:: Required work ::
For the word "SomeRow", copy every line of the material that includes it.

:: Records supplied ::
# # # #
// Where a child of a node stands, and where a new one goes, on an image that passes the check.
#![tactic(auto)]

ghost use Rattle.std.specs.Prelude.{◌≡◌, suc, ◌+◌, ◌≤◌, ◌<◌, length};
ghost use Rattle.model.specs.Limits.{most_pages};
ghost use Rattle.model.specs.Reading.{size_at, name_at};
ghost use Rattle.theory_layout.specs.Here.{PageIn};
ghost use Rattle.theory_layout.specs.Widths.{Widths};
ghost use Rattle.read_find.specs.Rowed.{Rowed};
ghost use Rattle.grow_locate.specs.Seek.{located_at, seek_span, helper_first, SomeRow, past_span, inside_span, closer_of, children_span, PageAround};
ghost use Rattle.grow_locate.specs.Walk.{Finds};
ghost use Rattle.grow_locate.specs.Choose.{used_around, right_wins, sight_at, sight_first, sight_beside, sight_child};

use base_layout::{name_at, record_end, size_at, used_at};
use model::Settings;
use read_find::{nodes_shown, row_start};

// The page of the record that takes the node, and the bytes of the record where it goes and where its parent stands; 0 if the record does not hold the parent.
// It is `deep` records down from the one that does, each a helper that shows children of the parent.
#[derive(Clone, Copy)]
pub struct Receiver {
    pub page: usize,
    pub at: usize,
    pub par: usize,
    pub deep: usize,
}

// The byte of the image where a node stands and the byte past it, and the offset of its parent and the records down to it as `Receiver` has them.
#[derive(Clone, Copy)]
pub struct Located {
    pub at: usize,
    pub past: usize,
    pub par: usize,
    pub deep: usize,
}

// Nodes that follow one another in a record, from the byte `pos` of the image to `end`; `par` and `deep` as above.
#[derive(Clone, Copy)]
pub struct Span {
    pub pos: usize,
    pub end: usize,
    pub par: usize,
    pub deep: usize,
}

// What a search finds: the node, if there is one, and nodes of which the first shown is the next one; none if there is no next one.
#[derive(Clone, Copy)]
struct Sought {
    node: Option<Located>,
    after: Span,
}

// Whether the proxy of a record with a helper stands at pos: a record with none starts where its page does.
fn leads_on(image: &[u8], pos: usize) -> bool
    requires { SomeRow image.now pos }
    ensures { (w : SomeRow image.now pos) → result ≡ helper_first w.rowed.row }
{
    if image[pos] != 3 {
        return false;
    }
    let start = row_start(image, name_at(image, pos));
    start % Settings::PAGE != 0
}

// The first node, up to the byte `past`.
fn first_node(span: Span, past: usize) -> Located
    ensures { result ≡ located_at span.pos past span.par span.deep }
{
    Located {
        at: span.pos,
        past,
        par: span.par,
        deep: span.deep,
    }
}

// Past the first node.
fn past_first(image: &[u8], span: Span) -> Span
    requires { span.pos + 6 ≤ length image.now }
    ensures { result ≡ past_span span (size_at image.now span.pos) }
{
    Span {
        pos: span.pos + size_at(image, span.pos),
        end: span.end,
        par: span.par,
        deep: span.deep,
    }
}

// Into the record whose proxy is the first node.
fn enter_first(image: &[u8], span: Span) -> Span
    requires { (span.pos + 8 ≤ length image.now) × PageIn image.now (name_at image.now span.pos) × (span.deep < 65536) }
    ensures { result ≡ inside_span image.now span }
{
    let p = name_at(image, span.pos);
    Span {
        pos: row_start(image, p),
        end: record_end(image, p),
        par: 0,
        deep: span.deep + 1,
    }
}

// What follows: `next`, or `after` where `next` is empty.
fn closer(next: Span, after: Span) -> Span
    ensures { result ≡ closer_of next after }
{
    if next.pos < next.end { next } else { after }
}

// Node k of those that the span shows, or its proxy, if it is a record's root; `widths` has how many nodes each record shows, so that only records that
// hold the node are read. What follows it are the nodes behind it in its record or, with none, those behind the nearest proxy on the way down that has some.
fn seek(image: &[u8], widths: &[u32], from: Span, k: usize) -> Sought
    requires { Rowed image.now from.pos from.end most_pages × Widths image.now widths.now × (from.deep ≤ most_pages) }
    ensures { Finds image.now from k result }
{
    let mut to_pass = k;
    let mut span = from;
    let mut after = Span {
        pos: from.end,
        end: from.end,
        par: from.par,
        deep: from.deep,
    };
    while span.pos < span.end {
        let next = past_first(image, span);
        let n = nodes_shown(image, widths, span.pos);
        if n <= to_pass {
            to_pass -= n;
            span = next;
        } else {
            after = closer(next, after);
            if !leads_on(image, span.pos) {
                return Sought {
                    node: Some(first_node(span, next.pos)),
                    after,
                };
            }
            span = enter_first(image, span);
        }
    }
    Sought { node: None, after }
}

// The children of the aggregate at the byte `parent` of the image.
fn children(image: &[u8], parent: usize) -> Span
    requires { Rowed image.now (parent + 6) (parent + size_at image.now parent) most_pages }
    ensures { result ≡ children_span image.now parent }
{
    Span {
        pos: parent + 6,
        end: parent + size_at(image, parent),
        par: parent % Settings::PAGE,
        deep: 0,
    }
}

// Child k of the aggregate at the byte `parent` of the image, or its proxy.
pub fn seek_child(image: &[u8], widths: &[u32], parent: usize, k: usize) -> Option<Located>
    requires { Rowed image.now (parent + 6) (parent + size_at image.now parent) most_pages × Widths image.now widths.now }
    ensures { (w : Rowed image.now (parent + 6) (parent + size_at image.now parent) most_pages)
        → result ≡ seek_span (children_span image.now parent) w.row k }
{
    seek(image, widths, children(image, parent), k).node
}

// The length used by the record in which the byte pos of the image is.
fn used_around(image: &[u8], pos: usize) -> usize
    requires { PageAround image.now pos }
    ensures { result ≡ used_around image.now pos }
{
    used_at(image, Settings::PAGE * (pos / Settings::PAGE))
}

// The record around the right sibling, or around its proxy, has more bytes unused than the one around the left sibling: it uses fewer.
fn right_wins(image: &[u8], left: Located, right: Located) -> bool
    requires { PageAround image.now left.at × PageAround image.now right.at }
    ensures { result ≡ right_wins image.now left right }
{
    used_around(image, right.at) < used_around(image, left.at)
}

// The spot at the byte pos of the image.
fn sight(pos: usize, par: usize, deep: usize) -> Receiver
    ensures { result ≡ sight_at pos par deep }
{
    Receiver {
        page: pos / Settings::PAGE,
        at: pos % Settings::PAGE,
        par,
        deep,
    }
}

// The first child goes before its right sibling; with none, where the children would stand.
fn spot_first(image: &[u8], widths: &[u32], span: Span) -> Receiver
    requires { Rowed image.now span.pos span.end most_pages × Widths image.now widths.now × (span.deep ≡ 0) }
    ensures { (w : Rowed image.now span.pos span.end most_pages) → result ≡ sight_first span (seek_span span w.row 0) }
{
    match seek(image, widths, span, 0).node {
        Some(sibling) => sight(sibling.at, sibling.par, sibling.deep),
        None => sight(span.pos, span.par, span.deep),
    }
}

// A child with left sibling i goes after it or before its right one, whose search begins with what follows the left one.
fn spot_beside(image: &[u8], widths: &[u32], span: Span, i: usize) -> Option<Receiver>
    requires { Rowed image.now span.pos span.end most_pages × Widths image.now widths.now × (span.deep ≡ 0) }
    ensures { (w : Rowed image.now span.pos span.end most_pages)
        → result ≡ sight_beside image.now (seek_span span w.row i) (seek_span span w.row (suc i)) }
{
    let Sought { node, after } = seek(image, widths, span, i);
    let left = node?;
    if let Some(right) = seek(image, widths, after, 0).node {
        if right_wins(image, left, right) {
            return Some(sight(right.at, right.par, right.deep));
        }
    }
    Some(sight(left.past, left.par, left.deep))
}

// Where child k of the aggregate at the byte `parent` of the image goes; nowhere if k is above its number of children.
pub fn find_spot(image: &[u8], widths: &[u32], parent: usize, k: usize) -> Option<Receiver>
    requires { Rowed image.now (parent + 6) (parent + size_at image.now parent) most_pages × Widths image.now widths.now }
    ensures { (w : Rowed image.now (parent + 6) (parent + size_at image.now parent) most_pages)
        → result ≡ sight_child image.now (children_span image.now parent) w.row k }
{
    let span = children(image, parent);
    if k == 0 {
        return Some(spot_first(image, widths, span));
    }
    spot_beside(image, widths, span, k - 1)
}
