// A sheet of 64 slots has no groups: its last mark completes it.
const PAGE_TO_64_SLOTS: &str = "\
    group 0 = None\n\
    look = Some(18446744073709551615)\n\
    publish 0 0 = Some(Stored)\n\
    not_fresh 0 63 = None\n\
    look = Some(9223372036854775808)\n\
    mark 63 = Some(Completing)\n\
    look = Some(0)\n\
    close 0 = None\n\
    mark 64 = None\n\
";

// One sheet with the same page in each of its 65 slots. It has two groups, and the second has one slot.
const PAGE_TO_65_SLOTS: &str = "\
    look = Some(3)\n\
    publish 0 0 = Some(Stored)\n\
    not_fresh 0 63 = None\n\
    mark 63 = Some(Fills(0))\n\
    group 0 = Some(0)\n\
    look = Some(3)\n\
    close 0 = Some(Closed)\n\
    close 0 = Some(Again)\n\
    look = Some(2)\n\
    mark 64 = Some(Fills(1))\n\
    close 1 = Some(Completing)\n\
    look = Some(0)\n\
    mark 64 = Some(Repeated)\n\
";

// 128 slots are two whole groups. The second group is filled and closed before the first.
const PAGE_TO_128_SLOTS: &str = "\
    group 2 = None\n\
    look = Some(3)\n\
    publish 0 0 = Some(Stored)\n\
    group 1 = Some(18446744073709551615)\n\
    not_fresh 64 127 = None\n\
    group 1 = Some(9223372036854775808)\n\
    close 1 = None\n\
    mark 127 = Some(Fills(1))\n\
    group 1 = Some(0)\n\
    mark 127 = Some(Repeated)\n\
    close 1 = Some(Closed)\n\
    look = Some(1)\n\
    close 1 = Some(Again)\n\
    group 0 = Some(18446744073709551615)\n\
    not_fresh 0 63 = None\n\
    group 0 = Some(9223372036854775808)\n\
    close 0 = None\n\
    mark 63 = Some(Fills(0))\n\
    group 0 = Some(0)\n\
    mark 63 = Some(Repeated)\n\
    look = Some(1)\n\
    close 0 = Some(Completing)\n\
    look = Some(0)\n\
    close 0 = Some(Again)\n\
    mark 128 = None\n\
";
# # # #
:: Answer section ::
ghost use Rattle.grow_locate.specs.Seek.{located_at, seek_span, helper_first, SomeRow, past_span, inside_span, closer_of, children_span, PageAround};
    requires { SomeRow image.now pos }
    ensures { (w : SomeRow image.now pos) → result ≡ helper_first w.rowed.row }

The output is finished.